[PATCH] ramfs, rootfs, and initramfs docs

Docs for ramfs, rootfs, and initramfs.

Signed-off-by: Rob Landley <rob@landley.net>
Signed-off-by: Andrew Morton <akpm@osdl.org>
Signed-off-by: Linus Torvalds <torvalds@osdl.org>

Documentation/filesystems/ramfs-rootfs-initramfs.txt

@@ -0,0 +1,195 @@
+ramfs, rootfs and initramfs
+October 17, 2005
+Rob Landley <rob@landley.net>
+=============================
+
+What is ramfs?
+--------------
+
+Ramfs is a very simple filesystem that exports Linux's disk caching
+mechanisms (the page cache and dentry cache) as a dynamically resizable
+ram-based filesystem.
+
+Normally all files are cached in memory by Linux.  Pages of data read from
+backing store (usually the block device the filesystem is mounted on) are kept
+around in case it's needed again, but marked as clean (freeable) in case the
+Virtual Memory system needs the memory for something else.  Similarly, data
+written to files is marked clean as soon as it has been written to backing
+store, but kept around for caching purposes until the VM reallocates the
+memory.  A similar mechanism (the dentry cache) greatly speeds up access to
+directories.
+
+With ramfs, there is no backing store.  Files written into ramfs allocate
+dentries and page cache as usual, but there's nowhere to write them to.

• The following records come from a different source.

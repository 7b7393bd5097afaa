//! Tests of runs with a bound on the threads that may be started, and of a run without one.
ghost use Rattle.std.specs.Prelude.{◌≡◌};
ghost use Rattle.vll_queue.specs.Shown.{name_of};
ghost use Rattle.vll_sca.specs.Placing.{placing};

use crate::asserts::{equal, fail, holds};
use crate::gates::{Crowd, Meeting};
use crate::opening::opening;
use crate::tokens::{all_calling, are_counted, are_home, closes};
use std::alloc::Global;
use std::marker::Brand;
use std::process::Abort;
use std::sync::Wait;
use std::sync::atomic::Ordering;
use std::test::*;
use std::thread::Threads;
use vll_engine::{Name, Opening};
use vll_sca::Placing;
use vll_workers::{Gate, OpenGate, RunError, RunFault, run, run_limited};

// Four clients of 1,000 calls each on one record, and eight workers, of which one may be started.
fn counts_with_one_start<N: Name + Send + Sync, R: Wait + Threads + Abort + Sync>(
    rt: &R,
    alloc: Global,
    opening: Opening<Placing>,
) -> Result<(), Fail>
    requires { N.engine ≡ name_of placing opening }
{
    let (engine, sessions) = opening.start::<N>();
    let tokens = all_calling::<N>(rt, alloc, engine.library(), sessions, "bump", 1, 1_000)?;
    match run_limited(rt, rt, alloc, &engine, tokens, 8, 1, &OpenGate) {
        Ok(tokens) => are_counted(rt, alloc, engine, tokens, 4, 1_000),
        Err(_) => fail(rt, "the run has a fault"),
    }
}

#[test]
fn one_start_of_eight_loses_no_bump(rt: HostRuntime) -> Result<(), Fail> {
    let opening = opening(rt.alloc(), 1, 4_000, 4)?;
    counts_with_one_start::<Brand, HostRuntime>(&rt, rt.alloc(), opening)
}

// As `counts_with_one_start`, without a start: the tokens are as they were passed, from the last client to the first,
// and no call has entered.
fn is_refused<N: Name + Send + Sync, R: Wait + Threads + Abort + Sync>(
    rt: &R,
    alloc: Global,
    opening: Opening<Placing>,
) -> Result<(), Fail>
    requires { N.engine ≡ name_of placing opening }
{
    let (engine, sessions) = opening.start::<N>();
    let tokens = all_calling::<N>(rt, alloc, engine.library(), sessions, "bump", 1, 1_000)?;
    match run_limited(rt, rt, alloc, &engine, tokens, 8, 0, &OpenGate) {
        Ok(_) => fail(rt, "the run is well"),
        Err(RunError { fault, mut tokens }) => {
            equal(rt, fault, RunFault::Spawn);
            for token in tokens.as_slice() {
                equal(rt, token.script().len(), 1_000);
            }
            tokens.reverse();
            are_home(rt, tokens.as_slice(), 4, 0);
        }
    }
    closes(rt, engine, Vec::new(alloc), &[0], &[]);
    Ok(())
}

#[test]
fn run_without_a_start_hands_the_tokens_back(rt: HostRuntime) -> Result<(), Fail> {
    let opening = opening(rt.alloc(), 1, 4_000, 4)?;
    is_refused::<Brand, HostRuntime>(&rt, rt.alloc(), opening)
}

// Without tokens there is nothing to do, and no start is needed.
fn has_none<N: Name + Send + Sync, R: Wait + Threads + Abort + Sync>(
    rt: &R,
    alloc: Global,
    opening: Opening<Placing>,
)
    requires { N.engine ≡ name_of placing opening }
{
    let (engine, _) = opening.start::<N>();
    let tokens = Vec::new(alloc);
    match run_limited(rt, rt, alloc, &engine, tokens, 8, 0, &OpenGate) {
        Ok(tokens) => holds(rt, tokens.is_empty()),
        Err(_) => fail(rt, "the run has a fault"),
    }
    closes(rt, engine, Vec::new(alloc), &[0], &[]);
}

#[test]
fn no_tokens_without_a_start_is_well(rt: HostRuntime) -> Result<(), Fail> {
    let opening = opening(rt.alloc(), 1, 1, 0)?;
    has_none::<Brand, HostRuntime>(&rt, rt.alloc(), opening);
    Ok(())
}

// Makes a call for each client, on a record of its own, under a gate, with one start.
fn runs_under<N: Name + Send + Sync, R: Wait + Threads + Abort + Sync, G: Gate + Sync>(
    rt: &R,
    alloc: Global,
    opening: Opening<Placing>,
    clients: u16,
    gate: &G,
) -> Result<(), Fail>
    requires { N.engine ≡ name_of placing opening }
{
    let (engine, sessions) = opening.start::<N>();
    let tokens = all_calling::<N>(rt, alloc, engine.library(), sessions, "bump", 8, 1)?;
    match run_limited(rt, rt, alloc, &engine, tokens, 8, 1, gate) {
        Ok(tokens) => are_home(rt, tokens.as_slice(), usize::from(clients), 1),
        Err(_) => fail(rt, "the run has a fault"),
    }
    Ok(())
}

// The first call is held back until the second has its reply.
#[test]
fn calling_thread_works_beside_the_one_that_is_started(rt: HostRuntime) -> Result<(), Fail> {
    let opening = opening(rt.alloc(), 8, 2, 2)?;
    let gate = Meeting::new();
    runs_under::<Brand, HostRuntime, Meeting>(&rt, rt.alloc(), opening, 2, &gate)?;
    equal(&rt, gate.has_begun.load(Ordering::SeqCst), 1);
    holds(&rt, gate.turns.load(Ordering::SeqCst) < 100_000_000);
    Ok(())
}

// Eight workers, all of which are started, have three calls under way at once.
fn runs_with_eight<N: Name + Send + Sync, R: Wait + Threads + Abort + Sync, G: Gate + Sync>(
    rt: &R,
    alloc: Global,
    opening: Opening<Placing>,
    gate: &G,
) -> Result<(), Fail>
    requires { N.engine ≡ name_of placing opening }
{
    let (engine, sessions) = opening.start::<N>();
    let tokens = all_calling::<N>(rt, alloc, engine.library(), sessions, "bump", 8, 1)?;
    match run(rt, rt, alloc, &engine, tokens, 8, gate) {
        Ok(tokens) => are_home(rt, tokens.as_slice(), 8, 1),
        Err(_) => fail(rt, "the run has a fault"),
    }
    Ok(())
}

#[test]
fn eight_workers_have_three_calls_at_once(rt: HostRuntime) -> Result<(), Fail> {
    let opening = opening(rt.alloc(), 8, 8, 8)?;
    let gate = Crowd::new();
    runs_with_eight::<Brand, HostRuntime, Crowd>(&rt, rt.alloc(), opening, &gate)?;
    equal(&rt, gate.had_three.load(Ordering::SeqCst), 1);
    Ok(())
}

#[test]
fn one_start_never_has_three_calls_at_once(rt: HostRuntime) -> Result<(), Fail> {
    let opening = opening(rt.alloc(), 8, 8, 8)?;
    let gate = Crowd::new();
    runs_under::<Brand, HostRuntime, Crowd>(&rt, rt.alloc(), opening, 8, &gate)?;
    equal(&rt, gate.had_three.load(Ordering::SeqCst), 0);
    Ok(())
}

+This means the pages are never marked clean, so they can't be freed by the
+VM when it's looking to recycle memory.
+
+The amount of code required to implement ramfs is tiny, because all the
+work is done by the existing Linux caching infrastructure.  Basically,
+you're mounting the disk cache as a filesystem.  Because of this, ramfs is not
+an optional component removable via menuconfig, since there would be negligible
+space savings.
+
+ramfs and ramdisk:
+------------------
+
+The older "ram disk" mechanism created a synthetic block device out of
+an area of ram and used it as backing store for a filesystem.  This block
+device was of fixed size, so the filesystem mounted on it was of fixed
+size.  Using a ram disk also required unnecessarily copying memory from the
+fake block device into the page cache (and copying changes back out), as well
+as creating and destroying dentries.  Plus it needed a filesystem driver
+(such as ext2) to format and interpret this data.
+
+Compared to ramfs, this wastes memory (and memory bus bandwidth), creates
+unnecessary work for the CPU, and pollutes the CPU caches.  (There are tricks
+to avoid this copying by playing with the page tables, but they're unpleasantly
+complicated and turn out to be about as expensive as the copying anyway.)

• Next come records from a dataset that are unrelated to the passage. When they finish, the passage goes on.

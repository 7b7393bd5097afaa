//! Tests of when a gate of a run is called, by gates that ask the engine for replies or begin a call.
ghost use Rattle.std.specs.Prelude.{◌≡◌, ◌≤◌, nat_eq};
ghost use Rattle.std.specs.List.{IsDistinct};
ghost use Rattle.vll_queue.specs.Shown.{name_of};
ghost use Rattle.vll_sca.specs.Placing.{placing};
ghost use Rattle.vll_tokens.specs.Tokens.{AreFit, clients_of};

use crate::asserts::{equal, fail, holds};
use crate::opening::opening;
use crate::runs::ends;
use crate::tokens::{all_calling, call_of, closed_of, last_and_others};
use std::alloc::{AllocError, Global};
use std::marker::{Brand, PhantomData};
use std::process::Abort;
use std::sync::atomic::{AtomicBool, Ordering};
use std::sync::{Mutex, Wait};
use std::test::*;
use std::thread::{Threads, join, yield_now};
use vll_core::Ticket;
use vll_engine::{Begun, Engine, Name, Opening, Session};
use vll_proc::{Reason, Reply};
use vll_sca::Placing;
use vll_workers::{Gate, MOST_WORKERS, Token, run};

// An engine as a gate has it. A bound with `Sync` lets a reference to it be passed to threads, whatever it is made of.
trait Shared<N: Name> {
    fn engine(&self) -> &Engine<N, Placing>;
}

impl<N: Name> Shared<N> for Engine<N, Placing> {
    fn engine(&self) -> &Engine<N, Placing> {
        self
    }
}

// A session of an engine.
#[derive(Drop)]
struct Asker<N: Name> {
    session: Session,
    of: PhantomData<N>,
    ghost table: { session.table ≡ N.engine.table },
}

impl<N: Name> Asker<N> {
    fn new(session: Session) -> Asker<N>
        requires { session.table ≡ N.engine.table }
    {
        Asker {
            session,
            of: PhantomData,
        }
    }

    // The reply of a ticket, if it has one.
    fn reply<R: Wait>(
        &mut self,
        rt: &R,
        engine: &Engine<N, Placing>,
        ticket: Ticket,
    ) -> Option<Reply> {
        engine.reply(rt, &mut self.session, ticket)
    }

    // Begins a call that adds 1 to the record that the value of record 0 leads to. It is blocked.
    fn begins_via<R: Wait + Abort>(&mut self, rt: &R, engine: &Engine<N, Placing>) {
        let via = call_of(rt, engine.library(), "via", 0);
        match engine.begin(rt, &mut self.session, &via) {
            Begun::Free(pass) => {
                ends(rt, engine, pass);
                fail(rt, "the call is free")
            }
            Begun::Blocked(_) => {}
            Begun::Refused(_) => fail(rt, "the call is refused"),
        }
    }
}

// How often a gate was called before a call was executed, and found no reply for it then; and how often after it, and
// found its reply then.
#[derive(Clone, Copy, PartialEq, Eq, Debug)]
struct Told {
    before: u32,
    unanswered: u32,
    after: u32,
    answered: u32,
}

const NOTHING: Told = Told {
    before: 0,
    unanswered: 0,
    after: 0,
    answered: 0,
};

// Each of them once.
const ONCE: Told = Told {
    before: 1,
    unanswered: 1,
    after: 1,
    answered: 1,
};

// What a gate noted of each ticket, and whether it was called for another one.
#[derive(Drop)]
struct Notes<N: Name> {
    asker: Asker<N>,
    told: Vec<Told>,
    has_stray: bool,
}

impl<N: Name> Notes<N> {
    // Makes notes with nothing noted of `calls` calls.
    fn new(alloc: Global, session: Session, calls: u32) -> Result<Notes<N>, AllocError>
        requires { session.table ≡ N.engine.table }
    {
        Ok(Notes {
            told: vec![in alloc; NOTHING; calls as usize]?,
            asker: Asker::new(session),
            has_stray: false,
        })
    }

    fn is_told_before<R: Wait>(&mut self, rt: &R, engine: &Engine<N, Placing>, ticket: Ticket) {
        let reply = self.asker.reply(rt, engine, ticket);
        let Some(told) = self.told.get_mut(ticket.0 as usize) else {
            self.has_stray = true;
            return;
        };
        told.before = told.before.saturating_add(1);
        if reply.is_none() {
            told.unanswered = told.unanswered.saturating_add(1);
        }
    }

    fn is_told_after<R: Wait>(&mut self, rt: &R, engine: &Engine<N, Placing>, ticket: Ticket) {
        let reply = self.asker.reply(rt, engine, ticket);
        let Some(told) = self.told.get_mut(ticket.0 as usize) else {
            self.has_stray = true;
            return;
        };
        told.after = told.after.saturating_add(1);
        if reply.is_some() {
            told.answered = told.answered.saturating_add(1);
        }
    }
}

// A gate that asks for the reply of each call for which it is called. The engine takes its lock for that, so that a
// function of the gate that was called under the lock would not return. If it may not wait, workers execute several calls
// between two holds.
#[derive(Drop)]
struct Asking<'a, N: Name, X, R: Wait> {
    rt: &'a R,
    shared: &'a X,
    notes: Mutex<Notes<N>>,
    may_wait: bool,
}

impl<N: Name, X: Shared<N>, R: Wait> Gate for Asking<'_, N, X, R> {
    fn before(&self, ticket: Ticket) {
        let mut notes = self.notes.lock(self.rt);
        notes.is_told_before(self.rt, self.shared.engine(), ticket);
    }

    fn after(&self, ticket: Ticket) {
        let mut notes = self.notes.lock(self.rt);
        notes.is_told_after(self.rt, self.shared.engine(), ticket);
    }

    fn may_wait(&self) -> bool {
        self.may_wait
    }
}

// How often a thread checks whether a run has ended, which takes some seconds.
const MOST_LOOKS: u32 = 20_000_000;

// Waits until a run has ended, and ends the test if that takes too long: then a function of its gate waits for ever.
fn watches<R: Abort>(rt: &R, has_ended: &AtomicBool) {
    for _ in 0..MOST_LOOKS {
        if has_ended.load(Ordering::SeqCst) {
            return;
        }
        yield_now();
    }
    fail(rt, "the run does not end")
}

// Checks that a run, which is watched, ends well.
fn runs_to_its_end<N: Name + Send + Sync, R: Wait + Threads + Abort + Sync, G: Gate + Sync>(
    rt: &R,
    alloc: Global,
    engine: &Engine<N, Placing>,
    tokens: Vec<Token>,
    workers: u32,
    gate: &G,
)
    requires workers { (1 ≤ workers) × (workers ≤ MOST_WORKERS) }
    requires fit { AreFit N.engine tokens.items }
    requires distinct { IsDistinct nat_eq (clients_of tokens.items) }
{
    let has_ended = AtomicBool::new(false);
    let ended = &has_ended;
    let (is_well, ()) = join(
        rt,
        move || -> bool
            requires workers { (1 ≤ workers) × (workers ≤ MOST_WORKERS) }
            requires fit { AreFit N.engine tokens.items }
            requires distinct { IsDistinct nat_eq (clients_of tokens.items) }
        {
            let ran = run(rt, rt, alloc, engine, tokens, workers, gate);
            ended.store(true, Ordering::SeqCst);
            ran.is_ok()
        },
        move || watches(rt, ended),
    );
    holds(rt, is_well);
}

// How many calls each of four clients makes.
const CALLS: u32 = 25;

// Runs the tokens with `workers` workers under that gate. Returns what it noted.
fn runs_asking<N: Name + Send + Sync, X: Shared<N> + Sync, R: Wait + Threads + Abort + Sync>(
    rt: &R,
    alloc: Global,
    engine: &Engine<N, Placing>,
    shared: &X,
    tokens: Vec<Token>,
    workers: u32,
    may_wait: bool,
    notes: Notes<N>,
) -> Notes<N>
    requires workers { (1 ≤ workers) × (workers ≤ MOST_WORKERS) }
    requires fit { AreFit N.engine tokens.items }
    requires distinct { IsDistinct nat_eq (clients_of tokens.items) }
{
    let gate = Asking {
        rt,
        shared,
        notes: Mutex::new(notes),
        may_wait,
    };
    runs_to_its_end(rt, alloc, engine, tokens, workers, &gate);
    let Asking {
        rt: _,
        shared: _,
        notes,
        may_wait: _,
    } = gate;
    notes.into_inner()
}

// Runs the calls of four clients on `records` records with `workers` workers, and checks that the gate is called for
// each call once before it has its reply, and once after that.
fn is_told_once<N: Name + Send + Sync, R: Wait + Threads + Abort + Sync>(
    rt: &R,
    alloc: Global,
    opening: Opening<Placing>,
    workers: u32,
    records: u32,
    may_wait: bool,
) -> Result<(), Fail>
    requires name { N.engine ≡ name_of placing opening }
    requires workers { (1 ≤ workers) × (workers ≤ MOST_WORKERS) }
{
    let records = records.max(1);
    let (engine, sessions) = opening.start::<N>();
    let (session, sessions) = last_and_others::<N>(rt, sessions);
    let tokens = all_calling::<N>(
        rt,
        alloc,
        engine.library(),
        sessions,
        "bump",
        records,
        CALLS,
    )?;
    let notes = Notes::new(alloc, session, 4 * CALLS)?;
    let notes = runs_asking(
        rt, alloc, &engine, &engine, tokens, workers, may_wait, notes,
    );
    holds(rt, !notes.has_stray);
    for told in notes.told.as_slice() {
        equal(rt, *told, ONCE);
    }
    let closed = closed_of(rt, engine, Vec::new(alloc));
    equal(rt, closed.journal.len(), 4 * CALLS as usize);
    Ok(())
}

// With one worker, records of their own and a gate that does not wait, several calls begin under one hold; on one record
// they run one after the other.
#[test]
fn gate_is_told_of_each_call_once_outside_the_hold(rt: HostRuntime) -> Result<(), Fail> {
    for (workers, records, may_wait) in [
        (1, 4, false),
        (1, 4, true),
        (1, 1, false),
        (1, 1, true),
        (4, 4, false),
        (4, 4, true),
        (4, 1, true),
    ] {
        let opening = opening(rt.alloc(), 4, 4 * CALLS, 5)?;
        is_told_once::<Brand, HostRuntime>(&rt, rt.alloc(), opening, workers, records, may_wait)?;
    }
    Ok(())
}

// A gate that begins another call right before the first one is executed.
#[derive(Drop)]
struct Finding<'a, N: Name, X, R: Wait + Abort> {
    rt: &'a R,
    shared: &'a X,
    asker: Mutex<Asker<N>>,
}

impl<N: Name, X: Shared<N>, R: Wait + Abort> Gate for Finding<'_, N, X, R> {
    fn before(&self, ticket: Ticket) {
        if ticket == Ticket(0) {
            let mut asker = self.asker.lock(self.rt);
            asker.begins_via(self.rt, self.shared.engine());
        }
    }

    fn after(&self, _ticket: Ticket) {}
}

// Runs the tokens with one worker under that gate, which begins the call by this session.
fn runs_finding<N: Name + Send + Sync, X: Shared<N> + Sync, R: Wait + Threads + Abort + Sync>(
    rt: &R,
    alloc: Global,
    engine: &Engine<N, Placing>,
    shared: &X,
    tokens: Vec<Token>,
    session: Session,
) -> Asker<N>
    requires fit { AreFit N.engine tokens.items }
    requires distinct { IsDistinct nat_eq (clients_of tokens.items) }
    requires session { session.table ≡ N.engine.table }
{
    let gate = Finding {
        rt,
        shared,
        asker: Mutex::new(Asker::new(session)),
    };
    runs_to_its_end(rt, alloc, engine, tokens, 1, &gate);
    let Finding {
        rt: _,
        shared: _,
        asker,
    } = gate;
    asker.into_inner()
}

// Ticket 0 makes record 0 a 1. What ticket 1 finds there, while the gate is called for ticket 0, is the 0 from before
// it, so that it is aborted.
fn finds_the_value_before<N: Name + Send + Sync, R: Wait + Threads + Abort + Sync>(
    rt: &R,
    alloc: Global,
    opening: Opening<Placing>,
) -> Result<(), Fail>
    requires { N.engine ≡ name_of placing opening }
{
    let (engine, sessions) = opening.start::<N>();
    let (session, sessions) = last_and_others::<N>(rt, sessions);
    let tokens = all_calling::<N>(rt, alloc, engine.library(), sessions, "bump", 2, 1)?;
    let mut asker = runs_finding(rt, alloc, &engine, &engine, tokens, session);
    let reply = asker.reply(rt, &engine, Ticket(1));
    holds(rt, matches!(reply, Some(Reply::Aborted(Reason::Moved))));
    let closed = closed_of(rt, engine, Vec::new(alloc));
    equal(rt, closed.records.as_slice(), [1, 0].as_slice());
    Ok(())
}

#[test]
fn gate_is_told_before_a_call_is_executed(rt: HostRuntime) -> Result<(), Fail> {
    let opening = opening(rt.alloc(), 2, 2, 2)?;
    finds_the_value_before::<Brand, HostRuntime>(&rt, rt.alloc(), opening)
}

+More to the point, all the work ramfs is doing has to happen _anyway_,
+since all file access goes through the page and dentry caches.  The ram
+disk is simply unnecessary, ramfs is internally much simpler.
+
+Another reason ramdisks are semi-obsolete is that the introduction of
+loopback devices offered a more flexible and convenient way to create
+synthetic block devices, now from files instead of from chunks of memory.

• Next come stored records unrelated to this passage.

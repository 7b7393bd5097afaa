//! Tests of runs whose gate waits for other calls.
ghost use Rattle.std.specs.Prelude.{◌≡◌};
ghost use Rattle.vll_queue.specs.Shown.{name_of};
ghost use Rattle.vll_sca.specs.Placing.{placing};

use crate::asserts::{fail, holds};
use crate::gates::{Pairs, Patient};
use crate::opening::opening;
use crate::tokens::{all_calling, are_home};
use std::alloc::Global;
use std::marker::Brand;
use std::process::Abort;
use std::sync::Wait;
use std::sync::atomic::Ordering;
use std::test::*;
use std::thread::Threads;
use vll_engine::{Name, Opening};
use vll_sca::Placing;
use vll_workers::run;

// How many reads of one record each of four clients makes.
const READS: u32 = 20;

// All others can get their replies while the first call is held back.
const AWAITED: u64 = 79;

fn gets_all_others<N: Name + Send + Sync, R: Wait + Threads + Abort + Sync>(
    rt: &R,
    alloc: Global,
    opening: Opening<Placing>,
) -> Result<(), Fail>
    requires { N.engine ≡ name_of placing opening }
{
    let (engine, sessions) = opening.start::<N>();
    let tokens = all_calling::<N>(rt, alloc, engine.library(), sessions, "read", 1, READS)?;
    let gate = Patient::new(AWAITED);
    match run(rt, rt, alloc, &engine, tokens, 2, &gate) {
        Ok(tokens) => are_home(rt, tokens.as_slice(), 4, READS),
        Err(_) => fail(rt, "the run has a fault"),
    }
    holds(rt, gate.is_met.load(Ordering::SeqCst));
    Ok(())
}

// With two tokens for each worker, which therefore takes them before a hold.
#[test]
fn gate_that_waits_gets_all_other_calls(rt: HostRuntime) -> Result<(), Fail> {
    let opening = opening(rt.alloc(), 1, 80, 4)?;
    gets_all_others::<Brand, HostRuntime>(&rt, rt.alloc(), opening)
}

fn gets_each_next<N: Name + Send + Sync, R: Wait + Threads + Abort + Sync>(
    rt: &R,
    alloc: Global,
    opening: Opening<Placing>,
) -> Result<(), Fail>
    requires { N.engine ≡ name_of placing opening }
{
    let (engine, sessions) = opening.start::<N>();
    let tokens = all_calling::<N>(rt, alloc, engine.library(), sessions, "read", 8, 40)?;
    let gate = Pairs::new(alloc, 160)?;
    match run(rt, rt, alloc, &engine, tokens, 4, &gate) {
        Ok(tokens) => are_home(rt, tokens.as_slice(), 8, 40),
        Err(_) => fail(rt, "the run has a fault"),
    }
    holds(rt, !gate.has_given_up.load(Ordering::SeqCst));
    Ok(())
}

// Each of eight clients reads a record of its own.
#[test]
fn each_even_ticket_gets_the_call_after_it(rt: HostRuntime) -> Result<(), Fail> {
    let opening = opening(rt.alloc(), 8, 320, 8)?;
    gets_each_next::<Brand, HostRuntime>(&rt, rt.alloc(), opening)
}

+See losetup (8) for details.
+
+ramfs and tmpfs:
+----------------
+
+One downside of ramfs is you can keep writing data into it until you fill
+up all memory, and the VM can't free it because the VM thinks that files
+should get written to backing store (rather than swap space), but ramfs hasn't
+got any backing store.  Because of this, only root (or a trusted user) should
+be allowed write access to a ramfs mount.
+
+A ramfs derivative called tmpfs was created to add size limits, and the ability
+to write the data to swap space.  Normal users can be allowed write access to
+tmpfs mounts.  See Documentation/filesystems/tmpfs.txt for more information.
+
+What is rootfs?
+---------------
+
+Rootfs is a special instance of ramfs, which is always present in 2.6 systems.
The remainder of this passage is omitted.